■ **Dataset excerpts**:
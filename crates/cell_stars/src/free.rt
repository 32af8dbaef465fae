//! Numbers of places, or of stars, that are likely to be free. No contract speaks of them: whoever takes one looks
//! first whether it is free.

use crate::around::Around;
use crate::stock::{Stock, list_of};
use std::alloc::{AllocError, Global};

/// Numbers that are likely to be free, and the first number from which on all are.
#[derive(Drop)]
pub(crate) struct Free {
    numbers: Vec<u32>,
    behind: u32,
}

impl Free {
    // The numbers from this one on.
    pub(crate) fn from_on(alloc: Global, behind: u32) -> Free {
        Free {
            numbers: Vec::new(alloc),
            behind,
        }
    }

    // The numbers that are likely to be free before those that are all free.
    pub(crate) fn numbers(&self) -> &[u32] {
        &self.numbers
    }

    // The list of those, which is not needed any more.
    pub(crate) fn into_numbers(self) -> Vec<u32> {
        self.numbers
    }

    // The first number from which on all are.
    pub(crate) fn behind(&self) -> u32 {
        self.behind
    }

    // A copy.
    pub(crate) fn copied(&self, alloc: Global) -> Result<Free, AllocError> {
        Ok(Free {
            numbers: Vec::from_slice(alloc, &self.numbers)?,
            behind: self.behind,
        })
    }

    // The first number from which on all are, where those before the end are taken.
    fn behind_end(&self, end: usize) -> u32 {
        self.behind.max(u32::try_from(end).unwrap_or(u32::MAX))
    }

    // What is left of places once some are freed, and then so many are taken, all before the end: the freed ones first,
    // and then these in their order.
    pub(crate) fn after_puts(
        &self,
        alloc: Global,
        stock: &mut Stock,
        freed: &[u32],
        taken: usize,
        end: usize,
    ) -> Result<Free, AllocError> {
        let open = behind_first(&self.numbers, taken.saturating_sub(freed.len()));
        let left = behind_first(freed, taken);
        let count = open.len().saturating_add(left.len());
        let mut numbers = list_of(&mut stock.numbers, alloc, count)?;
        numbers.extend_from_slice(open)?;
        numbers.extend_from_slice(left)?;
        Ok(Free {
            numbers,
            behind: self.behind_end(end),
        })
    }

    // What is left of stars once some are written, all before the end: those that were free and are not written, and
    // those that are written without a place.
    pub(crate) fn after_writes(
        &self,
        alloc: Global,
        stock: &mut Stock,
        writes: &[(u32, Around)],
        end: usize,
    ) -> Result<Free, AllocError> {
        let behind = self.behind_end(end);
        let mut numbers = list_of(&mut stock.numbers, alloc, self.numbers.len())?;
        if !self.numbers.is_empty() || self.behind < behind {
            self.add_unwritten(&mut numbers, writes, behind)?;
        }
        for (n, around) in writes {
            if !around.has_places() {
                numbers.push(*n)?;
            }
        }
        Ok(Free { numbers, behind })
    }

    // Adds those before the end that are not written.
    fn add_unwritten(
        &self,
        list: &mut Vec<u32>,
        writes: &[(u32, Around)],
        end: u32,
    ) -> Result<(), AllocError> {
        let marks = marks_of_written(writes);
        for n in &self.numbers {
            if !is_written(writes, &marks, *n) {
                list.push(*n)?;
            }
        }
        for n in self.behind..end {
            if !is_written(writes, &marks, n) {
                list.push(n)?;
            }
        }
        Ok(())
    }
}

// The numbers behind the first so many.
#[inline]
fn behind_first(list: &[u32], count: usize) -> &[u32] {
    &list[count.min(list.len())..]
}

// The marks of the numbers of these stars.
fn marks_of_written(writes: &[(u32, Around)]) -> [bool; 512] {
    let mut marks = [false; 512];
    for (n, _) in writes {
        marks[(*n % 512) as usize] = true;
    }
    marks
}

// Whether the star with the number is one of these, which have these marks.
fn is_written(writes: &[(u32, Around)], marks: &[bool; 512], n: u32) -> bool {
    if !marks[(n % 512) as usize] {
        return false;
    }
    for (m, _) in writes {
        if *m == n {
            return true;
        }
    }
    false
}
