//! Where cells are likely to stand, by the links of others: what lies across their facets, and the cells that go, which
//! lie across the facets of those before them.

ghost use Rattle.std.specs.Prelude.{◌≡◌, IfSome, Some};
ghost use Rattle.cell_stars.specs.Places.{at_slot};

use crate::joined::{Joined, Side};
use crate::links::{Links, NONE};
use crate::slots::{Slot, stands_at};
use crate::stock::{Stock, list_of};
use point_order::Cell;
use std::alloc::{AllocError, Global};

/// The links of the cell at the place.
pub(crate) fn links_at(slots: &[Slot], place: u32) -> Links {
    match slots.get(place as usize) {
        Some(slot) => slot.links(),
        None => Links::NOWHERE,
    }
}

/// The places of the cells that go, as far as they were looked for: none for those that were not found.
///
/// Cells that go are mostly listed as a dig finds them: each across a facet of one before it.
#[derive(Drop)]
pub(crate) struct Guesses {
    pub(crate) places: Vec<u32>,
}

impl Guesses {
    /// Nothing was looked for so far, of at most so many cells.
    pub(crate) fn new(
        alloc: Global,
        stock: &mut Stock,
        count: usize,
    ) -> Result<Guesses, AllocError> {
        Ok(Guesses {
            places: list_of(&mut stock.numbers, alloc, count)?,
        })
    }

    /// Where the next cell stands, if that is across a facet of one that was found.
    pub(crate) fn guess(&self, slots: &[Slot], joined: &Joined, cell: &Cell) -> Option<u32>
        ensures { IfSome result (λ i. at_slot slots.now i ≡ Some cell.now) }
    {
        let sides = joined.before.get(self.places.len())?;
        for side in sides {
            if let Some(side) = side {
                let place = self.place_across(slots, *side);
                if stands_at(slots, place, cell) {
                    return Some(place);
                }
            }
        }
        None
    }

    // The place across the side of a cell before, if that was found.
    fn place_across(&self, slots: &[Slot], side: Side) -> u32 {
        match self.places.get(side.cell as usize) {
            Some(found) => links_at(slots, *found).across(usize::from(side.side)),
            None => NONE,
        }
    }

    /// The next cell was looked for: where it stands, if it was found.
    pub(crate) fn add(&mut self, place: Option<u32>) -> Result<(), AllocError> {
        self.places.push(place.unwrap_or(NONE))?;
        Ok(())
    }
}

■ **WHAT IS REQUIRED**: Show every line of the data that includes the string "left".

■ **OUTPUT FOR THIS EXERCISE**:
    // What is left of places once some are freed, and then so many are taken, all before the end: the freed ones first,
        let left = behind_first(freed, taken);
        let count = open.len().saturating_add(left.len());
        numbers.extend_from_slice(left)?;
    // What is left of stars once some are written, all before the end: those that were free and are not written, and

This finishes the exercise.